Temperature is meaningful only when it is stable.

thermal equilibrium the state in which two bodies in physical contact with each other have identical temperatures

As a thermometer comes into thermal equilibrium with an object, the object’s temperature changes slightly. In most cases the object is so massive compared with the thermometer that the object’s temperature change is insignificant.

Matter expands as its temperature increases.

Increasing the temperature of a gas at constant pressure causes the volume of the gas to increase. This increase occurs not only for gases, but also for liquids and solids. In general, if the temperature of a substance increases, so does its volume. This phenomenon is known as thermal expansion.

If two cups of hot chocolate, one at 50°C and the other at 60°C, are poured together in a large container, will the final temperature of the double batch be less than 50°C? between 50°C and 60°C? greater than 60°C?

A cup of hot tea is poured from a teapot, and a swimming pool is filled with cold water. Which one has a higher total internal energy? Which has a higher average kinetic energy?

Different substances undergo different amounts of expansion for a given temperature change. The thermal expansion characteristics of a material are indicated by a quantity called the coefficient of volume expansion. Gases have the largest values for this coefficient. Liquids have much smaller values.

In general, the volume of a liquid tends to decrease with decreasing temperature. However, the volume of water increases with decreasing temperature in the range between 0°C and 4°C. Also, as the water freezes, it forms a crystal that has more empty space between the molecules than does liquid water. This explains why ice floats in liquid water. It also explains why a pond freezes from the top down instead of from the bottom up. If this did not happen, fish would likely not survive in freezing temperatures.

Solids typically have the smallest coefficient of volume expansion values. For this reason, liquids in solid containers expand more than the container. This property allows some liquids to be used to measure changes in temperature.

Calibrating thermometers requires fixed temperatures.

Temperature units depend on the scale used.

Temperature values in the Celsius and Fahrenheit scales can have positive, negative, or zero values.

But because the kinetic energy of the atoms in a substance must be positive, the absolute temperature that is proportional to that energy should be positive also.
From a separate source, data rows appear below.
//! One row-wise step on a batch.
ghost use Rattle.std.specs.Prelude.{◌≡◌, ◌≤◌, ◌<◌, map, length, zip, IfOk, IfSome, IsOk, OnOk};
ghost use Rattle.std.specs.List.{list_any};
ghost use Rattle.std.specs.Option.{option_map_or};
ghost use Rattle.fq_expr.specs.declared.application.Made.TheVariants as made;
ghost use Rattle.std.specs.Vec.Iter.{into_iter_items};
ghost use Rattle.fq_column.specs.declared.cells.Cell.TheVariants as cell;
ghost use Rattle.fq_column.specs.Batch.{kind_of_cells};
ghost use Rattle.fq_column.specs.Frame.{names_of, put_all};
ghost use Rattle.fq_column.specs.Lists.{before_missing, keep as kept};
ghost use Rattle.fq_column.specs.Stream.{one_by_one};
ghost use Rattle.fq_expr.specs.Expression.{filter_by, with_columns, select};
ghost use Rattle.fq_expr.specs.Kinds.{item_names, kind_of, step_schema};
ghost use Rattle.fq_expr.specs.ExpressionData.{expression_of, items_of, step_of};
ghost use Rattle.fq_expr.specs.Operand.{AnyHasRows, HasRows, cells_in, cells_in_rows, kind_in_rows};
ghost use Rattle.fq_expr.specs.Made.{AreEvaluated, ArePlaces, IsPlaceOf, column_of, first_of_column, is_at, made_column};
ghost use Rattle.fq_expr.specs.Outputs.{all_kinds};
ghost use Rattle.fq_expr.specs.Steps.{fields_after, is_true, rows_after};
ghost use Rattle.fq_expr.specs.Value.{value_of};

use crate::expressions::Expr;
use crate::operands::{AnyOperand, Operand, Outcome};
use crate::steps::{RowStep, select_schema};
use fq_column::{
    Batch, Column, Kind, MAX_COLUMNS, Memory, Piece, Schema, StepFault, cut_columns, put_column,
};
use std::alloc::Global;
use std::mem;
use std::vec::IntoIter;

impl RowStep {
    /// The step on the rows of a batch. The fault is the lowest item that faults on the row behind them; a filter's is 0.
    pub(crate) fn apply(&self, alloc: Global, batch: Batch) -> Result<Piece<u16>, Memory>
        requires { IsOk (step_schema batch.fields (step_of self.now)) }
        ensures fields { IfOk result (λ p. p.batch.fields ≡ fields_after batch.fields (step_of self.now)) }
        ensures rows { let u = one_by_one (rows_after batch.fields (step_of self.now)) batch.rows in
            IfOk result (λ p. p.batch.rows ≡ u.rows) }
        ensures fault { let u = one_by_one (rows_after batch.fields (step_of self.now)) batch.rows in
            IfOk result (λ p. p.fault ≡ u.fault) }
    {
        match self {
            RowStep::Filter(predicate) => filter(alloc, predicate, batch),
            RowStep::WithColumns(items) => add_columns(alloc, items.as_slice(), batch),
            RowStep::Select(items) => project(alloc, items.as_slice(), batch),
        }
    }
}

// The rows for which a predicate is true.
fn filter(alloc: Global, predicate: &Expr, batch: Batch) -> Result<Piece<u16>, Memory>
    requires { IsOk (step_schema batch.fields (filter_by (expression_of predicate.now))) }
    ensures fields { IfOk result (λ p. p.batch.fields ≡ fields_after batch.fields (filter_by (expression_of predicate.now))) }
    ensures rows { let u = one_by_one (rows_after batch.fields (filter_by (expression_of predicate.now))) batch.rows in
        IfOk result (λ p. p.batch.rows ≡ u.rows) }
    ensures fault { let u = one_by_one (rows_after batch.fields (filter_by (expression_of predicate.now))) batch.rows in
        IfOk result (λ p. p.fault ≡ u.fault) }
{
    let mask = predicate_mask(alloc, predicate, &batch)?;
    let item = (mask.len() < batch.rows()).then_some(0u16);
    let mut batch = batch;
    batch.cut(mask.len());
    keep_marked(&mut batch, mask.as_slice());
    Ok(Piece { batch, fault: item })
}

// Whether a predicate is true, for each row before the first that faults.
fn predicate_mask(alloc: Global, predicate: &Expr, batch: &Batch) -> Result<Vec<bool>, Memory>
    requires { IsOk (step_schema batch.now.fields (filter_by (expression_of predicate.now))) }
    ensures { IfOk result (λ mask. mask.items ≡ map is_true (before_missing (map (value_of batch.now.fields (expression_of predicate.now)) batch.now.rows))) }
{
    let outcome = predicate.evaluate(alloc, batch, batch.rows())?;
    truths(alloc, outcome.rows, &outcome.operand)
}

// Which of the first rows are true; null is not.
fn truths(alloc: Global, rows: usize, operand: &AnyOperand<'_>) -> Result<Vec<bool>, Memory>
    requires kind { kind_in_rows operand.now ≡ Kind.Truth }
    requires rows { AnyHasRows rows operand.now }
    ensures { IfOk result (λ mask. mask.items ≡ map is_true (cells_in_rows rows operand.now)) }
{
    match operand {
        AnyOperand::Truth(operand) => truth_mask(alloc, rows, operand),
        _ => unreachable!(),
    }
}

fn truth_mask(alloc: Global, rows: usize, operand: &Operand<'_, bool>) -> Result<Vec<bool>, Memory>
    requires { HasRows rows operand.now }
    ensures { IfOk result (λ mask. mask.items ≡ map is_true (cells_in cell.Truth rows operand.now)) }
{
    let mut mask = Vec::with_capacity(alloc, rows)?;
    for i in 0..rows {
        mask.push(operand.get(i).copied().unwrap_or(false))?;
    }
    Ok(mask)
}

// Keeps the rows that the mask marks; if it marks all, nothing is touched.
fn keep_marked(batch: &mut Batch, mask: &[bool])
    requires { length mask.now ≡ length batch.old.rows }
    ensures { batch.new ≡ record batch.old { rows = kept mask.now batch.old.rows } }
{
    if mask.contains(&false) {
        batch.keep(mask);
    }
}

// A column that an item was evaluated to: one that was made, or the place of one of the batch.
#[derive(Drop)]
enum Made {
    Column(Column),
    Place(usize),
}

// What the items of a step were evaluated to: their columns, how many rows stand before the first that faults, and the lowest item that
// faults there. The columns go on after those rows as long as they are `Made`, and have those rows alone once they are columns themselves.
#[derive(Drop)]
struct Evaluated<C> {
    columns: Vec<C>,
    rows: usize,
    item: Option<u16>,
}

// Each item on the rows of a batch before the first on which an item faults.
fn evaluate_items(
    alloc: Global,
    items: &[(String, Expr)],
    batch: &Batch,
) -> Result<Evaluated<Made>, Memory>
    requires kinds { IsOk (all_kinds batch.now.fields (items_of items.now)) }
    requires bound { length items.now ≤ MAX_COLUMNS }
    ensures { IfOk result (λ e. AreEvaluated batch.now (items_of items.now) e.columns.items e.rows e.item) }
{
    let mut made = Vec::with_capacity(alloc, items.len())?;
    let mut rows = batch.rows();
    let mut item = None;
    for i in 0..items.len() {
        let outcome = items[i].1.evaluate(alloc, batch, rows)?;
        if outcome.rows < rows {
            rows = outcome.rows;
            item = Some(i as u16);
        }
        made.push(made_of(alloc, outcome, place_of(&items[i].1, batch))?)?;
    }
    Ok(Evaluated {
        columns: made,
        rows,
        item,
    })
}

// The column of an item's values, which may be one of the batch.
fn made_of(alloc: Global, outcome: Outcome<'_>, place: Option<usize>) -> Result<Made, Memory>
    requires { AnyHasRows outcome.rows outcome.operand }
    ensures { IfOk result (λ one. one ≡ option_map_or made.Place place (made.Column (record { kind = kind_in_rows outcome.entry.operand; cells = cells_in_rows outcome.entry.rows outcome.entry.operand }))) }
{
    match place {
        Some(place) => Ok(Made::Place(place)),
        None => Ok(Made::Column(outcome.into_column(alloc)?)),
    }
}

// The place of the column that an expression names, if it is a name alone.
fn place_of(expr: &Expr, batch: &Batch) -> Option<usize>
    requires { IsOk (kind_of batch.now.fields (expression_of expr.now)) }
    ensures { IfSome result (IsPlaceOf batch.now (expression_of expr.now)) }
{
    match expr {
        Expr::Col(name) => batch.schema().position(name.as_str()),
        _ => None,
    }
}

// The items' columns, of which those of the batch are copied.
fn with_copies(
    alloc: Global,
    evaluated: Evaluated<Made>,
    batch: &Batch,
) -> Result<Evaluated<Column>, Memory>
    requires places { ArePlaces (length batch.now.fields) evaluated.columns.items }
    ensures columns { IfOk result (λ outputs. outputs.columns.items ≡ map (λ m. first_of_column evaluated.rows (made_column batch.now m)) evaluated.columns.items) }
    ensures rows { IfOk result (λ outputs. (outputs.rows ≡ evaluated.rows) × (outputs.item ≡ evaluated.item)) }
{
    let Evaluated {
        columns: made,
        rows,
        item,
    } = evaluated;
    let mut columns = Vec::with_capacity(alloc, made.len())?;
    for one in made {
        columns.push(match one {
            Made::Column(column) => column,
            Made::Place(place) => batch.column(place).copy(alloc)?,
        })?;
    }
    cut_columns(columns.as_mut_slice(), rows);
    Ok(Evaluated {
        columns,
        rows,
        item,
    })
}

// The items' columns, of which those of the batch are moved; one that several items name is copied for all but the first of these.
fn with_moves(
    alloc: Global,
    evaluated: Evaluated<Made>,
    batch: Batch,
) -> Result<Evaluated<Column>, Memory>
    requires places { ArePlaces (length batch.fields) evaluated.columns.items }
    ensures columns { IfOk result (λ outputs. outputs.columns.items ≡ map (λ m. first_of_column evaluated.rows (made_column batch m)) evaluated.columns.items) }
    ensures rows { IfOk result (λ outputs. (outputs.rows ≡ evaluated.rows) × (outputs.item ≡ evaluated.item)) }
{
    let Evaluated {
        columns: made,
        rows,
        item,
    } = evaluated;
    let (_, mut from) = batch.into_parts();
    let mut columns = take_columns(alloc, made, &mut from)?;
    cut_columns(columns.as_mut_slice(), rows);
    Ok(Evaluated {
        columns,
        rows,
        item,
    })
}

// The columns, from the last on: one that an earlier item names too is copied, else it is moved.
fn take_columns(
    alloc: Global,
    made: Vec<Made>,
    from: &mut Vec<Column>,
) -> Result<Vec<Column>, Memory>
    requires { ArePlaces (length from.old.items) made.items }
    ensures { IfOk result (λ columns. columns.items ≡ map (column_of from.old.items) made.items) }
{
    let mut made = made;
    let mut columns = Vec::with_capacity(alloc, made.len())?;
    while let Some(one) = made.pop() {
        columns.push(match one {
            Made::Column(column) => column,
            Made::Place(place) if has_place(made.as_slice(), place) => from[place].copy(alloc)?,
            Made::Place(place) => mem::replace(&mut from[place], Column::new(alloc, Kind::Whole)),
        })?;
    }
    columns.as_mut_slice().reverse();
    Ok(columns)
}

// Whether one of these is the column at a place.
fn has_place(made: &[Made], place: usize) -> bool
    ensures { result ≡ list_any (is_at place) made.now }
{
    made.iter()
        .any(|one| matches!(one, Made::Place(at) if *at == place))
}

// The items alone.
fn project(alloc: Global, items: &[(String, Expr)], batch: Batch) -> Result<Piece<u16>, Memory>
    requires { IsOk (step_schema batch.fields (select (items_of items.now))) }
    ensures fields { IfOk result (λ p. p.batch.fields ≡ fields_after batch.fields (select (items_of items.now))) }
    ensures rows { let u = one_by_one (rows_after batch.fields (select (items_of items.now))) batch.rows in
        IfOk result (λ p. p.batch.rows ≡ u.rows) }
    ensures fault { let u = one_by_one (rows_after batch.fields (select (items_of items.now))) batch.rows in
        IfOk result (λ p. p.fault ≡ u.fault) }
{
    let evaluated = evaluate_items(alloc, items, &batch)?;
    let schema = match select_schema(alloc, items, batch.schema()) {
        Ok(schema) => schema,
        Err(StepFault::Memory) => return Err(Memory),
        Err(_) => unreachable!(),
    };
    let outputs = with_moves(alloc, evaluated, batch)?;
    let Evaluated { columns, item, .. } = outputs;
    Ok(Piece {
        batch: Batch::new(schema, columns),
        fault: item,
    })
}

// The rows with the items under their names: in the place of the column of a name, or else last.
fn add_columns(alloc: Global, items: &[(String, Expr)], batch: Batch) -> Result<Piece<u16>, Memory>
    requires { IsOk (step_schema batch.fields (with_columns (items_of items.now))) }
    ensures fields { IfOk result (λ p. p.batch.fields ≡ fields_after batch.fields (with_columns (items_of items.now))) }
    ensures rows { let u = one_by_one (rows_after batch.fields (with_columns (items_of items.now))) batch.rows in
        IfOk result (λ p. p.batch.rows ≡ u.rows) }
    ensures fault { let u = one_by_one (rows_after batch.fields (with_columns (items_of items.now))) batch.rows in
        IfOk result (λ p. p.fault ≡ u.fault) }
{
    let evaluated = evaluate_items(alloc, items, &batch)?;
    let outputs = with_copies(alloc, evaluated, &batch)?;
    let Evaluated {
        columns: made,
        rows,
        item,
    } = outputs;
    let mut batch = batch;
    batch.cut(rows);
    let (mut schema, mut columns) = batch.into_parts();
    put_columns(items, &mut made.into_iter(), &mut schema, &mut columns)?;
    Ok(Piece {
        batch: Batch::new(schema, columns),
        fault: item,
    })
}

// Puts each item's column in the place of the column of its name, or else last.
fn put_columns(
    items: &[(String, Expr)],
    made: &mut IntoIter<Column>,
    schema: &mut Schema,
    columns: &mut Vec<Column>,
) -> Result<(), Memory>
    requires width { length columns.old.items ≡ length schema.old }
    requires room { length (put_all schema.old (zip (item_names (items_of items.now)) (map kind_of_cells (into_iter_items made.old)))) ≤ MAX_COLUMNS }
    ensures schema { OnOk result (schema.new
        ≡ put_all schema.old (zip (item_names (items_of items.now)) (map kind_of_cells (into_iter_items made.old)))) }
    ensures columns { OnOk result (zip (names_of schema.new) columns.new.items
        ≡ put_all (zip (names_of schema.old) columns.old.items) (zip (item_names (items_of items.now)) (into_iter_items made.old))) }
    ensures width { OnOk result (length columns.new.items ≡ length schema.new) }
{
    let (Some((item, rest)), Some(column)) = (items.split_first(), made.next()) else {
        return Ok(());
    };
    put_column(schema, columns, item.0.as_str(), column)?;
    put_columns(rest, made, schema, columns)
}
Because the kinetic energy of the atoms in a substance must be positive, the absolute temperature that is proportional to that energy should be positive also. This temperature is designated in the Kelvin scale as 0.00 K, where K is the symbol for the temperature unit called the kelvin. Temperatures in this scale are indicated by the symbol T.

A temperature difference of one degree is the same on the Celsius and Kelvin scales. The two scales differ only in the choice of zero point

The Rankine scale is the absolute temperature scale that corresponds with the Fahrenheit scale.

What are the equivalent Celsius and Kelvin temperatures of 50.0°F?